3 (L’Odyssée d’Ulysse)
Roland (Nelly Stéphane) fut traduit chez Circonflexe (1992), Arthur le Dauphin qui n’a pas vu Venise (John Malcom Brinnin) par le Mascaret (1997) et Le Petit Brown (Isobel Harris) par MeMo (2011). Grasset édita Jacques et le Haricot magique (1983) mais beaucoup de très beaux albums (The Magic Currant Bun, 1952, Travelers Three, 1953…), publiés aux États-Unis, ne furent jamais traduits. D’autres publiés en France comme le superbe Odyssée d’Ulysse (Jacques Lemarchand, 1947) ou Le Fils de l’ogre (François David, 1993) mériteraient d’être réédités.
4 (Couv du New Yorker)
André François fut un fabuleux dessinateur de presse. Dès 1945, il inonde la presse satirique française de dessins joyeux et insouciants. Très vite, il publie en Angleterre dans The Observer, Punch et Liliput, où il se lie avec Ronald Searle et Quentin Blake. Sa carrière américaine est fulgurante : Fortune, Holiday, The New York Times et surtout le New Yorker pour lequel il réalisa plus de cinquante couvertures. Plus tard, en France, il collaborera à Télérama, Le Nouvel Obs, Le Monde, et, dans un registre désormais amer, à VST.
5 (Ubu roi)
Son illustration pour adultes comporte quelques livres exceptionnels : Jacques le Fataliste (Diderot, 1947), Ubu roi (Jarry, 1957, avec une mythique maquette de Massin), Si tu t’imagines (Queneau, 1979), L’Arrache-coeur (Vian, 1981), The Eggzercise Book (1980), Le Voyage de V (Pachès, 2000)… Grand lecteur, il créa de très nombreuses couvertures de livres et romans qui témoignent de l’éclectisme de ses goûts littéraires : Céline, Ajar, Faulkner, Caldwell… Ses dessins de presse ont été réunis en de savoureux recueils.

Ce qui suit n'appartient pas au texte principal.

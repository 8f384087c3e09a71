//! The registry of a store on disk: which file is each backup's journal, and what else a recovery has to know.
//!
//! A `RegistryFile` has a journal of records, and keeps in memory what they say (`Registry`). A record is on the disk
//! before it is answered, and memory changes only then. `specs/Kept.antt` says what the records of a file keep, and
//! `specs/File.antt` what a crash may leave of the file.
#![tactic(auto)]

mod fault;
mod file;
mod laws;
mod registry;
mod whole;

pub use fault::RegistryFault;
pub use file::RegistryFile;
pub use laws::crashes_are_opened;
pub use registry::{BackupJournal, JournalFile, LeastHead, Registry};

6 (Affiche de ‘école des loisirs)
André François vécut avec sa famille près de 60 ans à Grisy-les-Plâtres dans le Vexin. Graphiste de génie, il créa des centaines d’affiches, bijoux d’intelligence et d’élégance, qui couvrent tous les domaines, commerciaux, institutionnels, sociaux, culturels. Certaines de ses créations sont célèbrissimes comme le papillon-lecteur qu’il dessina pour l’école des loisirs qui venait d’éditer son album Qui est le plus marrant? (1970). L’original de cette affiche, auréolé d’une dentelle brûlée, fut retrouvé dans les décombres de son atelier détruit par un tragique incendie. Ce drame précipita sa mort (11 avril 2005).